Directions for this task - Extract each line of the records below that contains the word "Rattle".

---- Provided records

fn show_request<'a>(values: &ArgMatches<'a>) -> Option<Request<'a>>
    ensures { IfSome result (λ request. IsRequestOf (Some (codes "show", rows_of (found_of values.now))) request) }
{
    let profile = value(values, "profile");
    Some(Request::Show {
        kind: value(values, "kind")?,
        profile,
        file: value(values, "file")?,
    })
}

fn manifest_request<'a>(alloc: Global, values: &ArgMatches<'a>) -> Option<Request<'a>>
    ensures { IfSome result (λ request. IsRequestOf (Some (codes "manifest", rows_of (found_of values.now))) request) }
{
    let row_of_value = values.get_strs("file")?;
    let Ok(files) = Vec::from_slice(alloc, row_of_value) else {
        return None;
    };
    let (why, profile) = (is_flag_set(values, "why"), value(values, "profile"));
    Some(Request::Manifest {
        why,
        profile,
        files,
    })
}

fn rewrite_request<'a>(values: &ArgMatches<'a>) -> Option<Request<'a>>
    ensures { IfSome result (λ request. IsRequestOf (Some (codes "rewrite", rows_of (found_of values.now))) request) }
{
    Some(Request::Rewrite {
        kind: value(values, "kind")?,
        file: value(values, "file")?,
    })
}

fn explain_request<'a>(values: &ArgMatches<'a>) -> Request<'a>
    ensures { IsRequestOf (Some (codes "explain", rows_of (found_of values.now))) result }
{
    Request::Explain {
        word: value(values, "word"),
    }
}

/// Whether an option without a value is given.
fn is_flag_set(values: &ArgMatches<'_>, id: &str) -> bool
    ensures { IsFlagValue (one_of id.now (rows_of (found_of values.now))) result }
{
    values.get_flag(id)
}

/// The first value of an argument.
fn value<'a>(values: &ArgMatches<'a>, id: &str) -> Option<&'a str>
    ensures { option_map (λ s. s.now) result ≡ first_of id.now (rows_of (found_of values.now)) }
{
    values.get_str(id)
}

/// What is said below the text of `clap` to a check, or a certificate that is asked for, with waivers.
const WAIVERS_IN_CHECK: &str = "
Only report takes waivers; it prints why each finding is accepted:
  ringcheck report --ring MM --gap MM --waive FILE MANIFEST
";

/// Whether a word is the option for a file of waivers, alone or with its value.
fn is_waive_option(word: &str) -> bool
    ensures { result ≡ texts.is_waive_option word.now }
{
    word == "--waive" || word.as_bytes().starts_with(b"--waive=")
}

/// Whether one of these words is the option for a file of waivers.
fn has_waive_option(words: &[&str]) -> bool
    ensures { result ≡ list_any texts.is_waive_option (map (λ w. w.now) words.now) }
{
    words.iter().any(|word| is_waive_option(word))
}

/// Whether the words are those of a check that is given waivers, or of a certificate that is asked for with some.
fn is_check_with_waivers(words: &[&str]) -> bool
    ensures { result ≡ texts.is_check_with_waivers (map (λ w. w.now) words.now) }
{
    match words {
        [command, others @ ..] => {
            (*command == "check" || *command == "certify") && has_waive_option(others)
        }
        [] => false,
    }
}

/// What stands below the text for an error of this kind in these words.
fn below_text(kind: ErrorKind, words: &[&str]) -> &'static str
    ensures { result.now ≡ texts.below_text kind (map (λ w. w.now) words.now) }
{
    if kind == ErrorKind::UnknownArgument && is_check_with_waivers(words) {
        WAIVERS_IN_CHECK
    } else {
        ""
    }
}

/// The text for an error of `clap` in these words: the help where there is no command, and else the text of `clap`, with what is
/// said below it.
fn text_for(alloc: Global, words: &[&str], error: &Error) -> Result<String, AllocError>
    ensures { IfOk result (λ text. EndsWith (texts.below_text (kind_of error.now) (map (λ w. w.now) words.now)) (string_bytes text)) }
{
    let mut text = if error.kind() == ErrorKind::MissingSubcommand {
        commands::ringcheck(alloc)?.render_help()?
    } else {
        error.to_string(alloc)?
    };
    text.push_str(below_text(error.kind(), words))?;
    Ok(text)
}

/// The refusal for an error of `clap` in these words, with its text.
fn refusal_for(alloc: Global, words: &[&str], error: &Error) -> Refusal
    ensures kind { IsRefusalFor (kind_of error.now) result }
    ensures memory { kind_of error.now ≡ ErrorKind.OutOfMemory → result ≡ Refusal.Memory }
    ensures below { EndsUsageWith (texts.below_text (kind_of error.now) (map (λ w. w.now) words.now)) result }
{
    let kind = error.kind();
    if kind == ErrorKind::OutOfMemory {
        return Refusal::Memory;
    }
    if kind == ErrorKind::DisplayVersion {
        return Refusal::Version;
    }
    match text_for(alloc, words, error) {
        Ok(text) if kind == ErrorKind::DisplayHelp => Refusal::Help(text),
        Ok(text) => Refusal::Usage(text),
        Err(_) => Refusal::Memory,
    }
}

--------
---- Provided records

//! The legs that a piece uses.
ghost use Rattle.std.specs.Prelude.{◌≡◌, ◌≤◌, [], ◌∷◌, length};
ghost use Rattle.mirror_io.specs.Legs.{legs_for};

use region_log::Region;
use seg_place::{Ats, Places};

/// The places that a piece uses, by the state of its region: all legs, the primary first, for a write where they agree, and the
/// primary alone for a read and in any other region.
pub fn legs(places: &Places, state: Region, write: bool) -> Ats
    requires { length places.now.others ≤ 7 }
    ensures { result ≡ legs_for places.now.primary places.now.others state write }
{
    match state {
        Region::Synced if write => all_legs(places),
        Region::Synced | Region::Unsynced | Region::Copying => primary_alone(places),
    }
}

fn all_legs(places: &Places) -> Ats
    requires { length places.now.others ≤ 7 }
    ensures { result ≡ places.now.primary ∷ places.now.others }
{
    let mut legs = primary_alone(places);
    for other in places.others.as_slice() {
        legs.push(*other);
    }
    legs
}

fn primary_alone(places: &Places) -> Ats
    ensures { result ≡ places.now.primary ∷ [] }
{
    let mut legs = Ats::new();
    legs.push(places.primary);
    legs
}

--------

Task response -
ghost use Rattle.std.specs.Prelude.{◌≡◌, ◌≤◌, [], ◌∷◌, length};
ghost use Rattle.mirror_io.specs.Legs.{legs_for};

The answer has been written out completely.